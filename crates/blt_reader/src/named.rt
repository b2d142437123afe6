// Candidates that were named.
ghost use Rattle.std.specs.Prelude.{◌≡◌, ◌<◌, Bool, false, true, length, replicate, slice_index_or, slice_set, IfOk};

use std::alloc::{AllocError, Global};
use std::marker::Model;

/// A mark for each of so many numbers from 0. A number is marked where its stamp is that of the
/// round, so that a new round takes all marks away.
#[derive(Drop)]
pub(crate) struct Named {
    stamps: Vec<u32>,
    round: u32,
}

impl Model for Named {
    ghost use Rattle.std.specs.Prelude.{List, Bool, ◌≤◌, ◌==◌, map, All};

    ghost Value = { List Bool };

    ghost view = { λ n. map (λ stamp. stamp == n.round) n.stamps.items };

    ghost invariant = { λ n. All (λ stamp. stamp ≤ n.round) n.stamps.items };
}

impl Named {
    /// No number is marked.
    pub(crate) fn new(alloc: Global, numbers: usize) -> Result<Named, AllocError>
        ensures { IfOk result (λ named. named ≡ replicate numbers false) }
    {
        let stamps = vec![in alloc; 0; numbers]?;
        Ok(Named { stamps, round: 1 })
    }

    /// Takes all marks away.
    pub(crate) fn clear(&mut self)
        ensures { self.new ≡ replicate (length self.old) false }
    {
        if self.round == u32::MAX {
            self.stamps.fill(0);
            self.round = 0;
        }
        self.round += 1;
    }

    /// Whether a number is marked.
    #[inline(always)]
    pub(crate) fn has(&self, number: usize) -> bool
        requires { number < length self.now }
        ensures { result ≡ slice_index_or self.now number false }
    {
        self.stamps[number] == self.round
    }

    /// Marks a number, and says whether it was marked.
    pub(crate) fn mark(&mut self, number: usize) -> bool
        requires { number < length self.old }
        ensures was { result ≡ slice_index_or self.old number false }
        ensures after { self.new ≡ slice_set self.old number true }
    {
        let was = self.stamps[number] == self.round;
        self.stamps[number] = self.round;
        was
    }
}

Exercise brief:
Restate all the material above, keeping each word as it is.

Written answer:
filename crates/blt_reader/src/named.rt
repository b2d142437123afe6
// Candidates that were named.
ghost use Rattle.std.specs.Prelude.{◌≡◌, ◌<◌, Bool, false, true, length, replicate, slice_index_or, slice_set, IfOk};

use std::alloc::{AllocError, Global};
use std::marker::Model;

/// A mark for each of so many numbers from 0. A number is marked where its stamp is that of the
/// round, so that a new round takes all marks away.
#[derive(Drop)]
pub(crate) struct Named {
    stamps: Vec<u32>,
    round: u32,
}

impl Model for Named {
    ghost use Rattle.std.specs.Prelude.{List, Bool, ◌≤◌, ◌==◌, map, All};

    ghost Value = { List Bool };

    ghost view = { λ n. map (λ stamp. stamp == n.round) n.stamps.items };

    ghost invariant = { λ n. All (λ stamp. stamp ≤ n.round) n.stamps.items };
}

impl Named {
    /// No number is marked.
    pub(crate) fn new(alloc: Global, numbers: usize) -> Result<Named, AllocError>
        ensures { IfOk result (λ named. named ≡ replicate numbers false) }
    {
        let stamps = vec![in alloc; 0; numbers]?;
        Ok(Named { stamps, round: 1 })
    }

    /// Takes all marks away.
    pub(crate) fn clear(&mut self)
        ensures { self.new ≡ replicate (length self.old) false }
    {
        if self.round == u32::MAX {
            self.stamps.fill(0);
            self.round = 0;
        }
        self.round += 1;
    }

    /// Whether a number is marked.
    #[inline(always)]
    pub(crate) fn has(&self, number: usize) -> bool
        requires { number < length self.now }
        ensures { result ≡ slice_index_or self.now number false }
    {
        self.stamps[number] == self.round
    }

    /// Marks a number, and says whether it was marked.
    pub(crate) fn mark(&mut self, number: usize) -> bool
        requires { number < length self.old }
        ensures was { result ≡ slice_index_or self.old number false }
        ensures after { self.new ≡ slice_set self.old number true }
    {
        let was = self.stamps[number] == self.round;
        self.stamps[number] = self.round;
        was
    }
}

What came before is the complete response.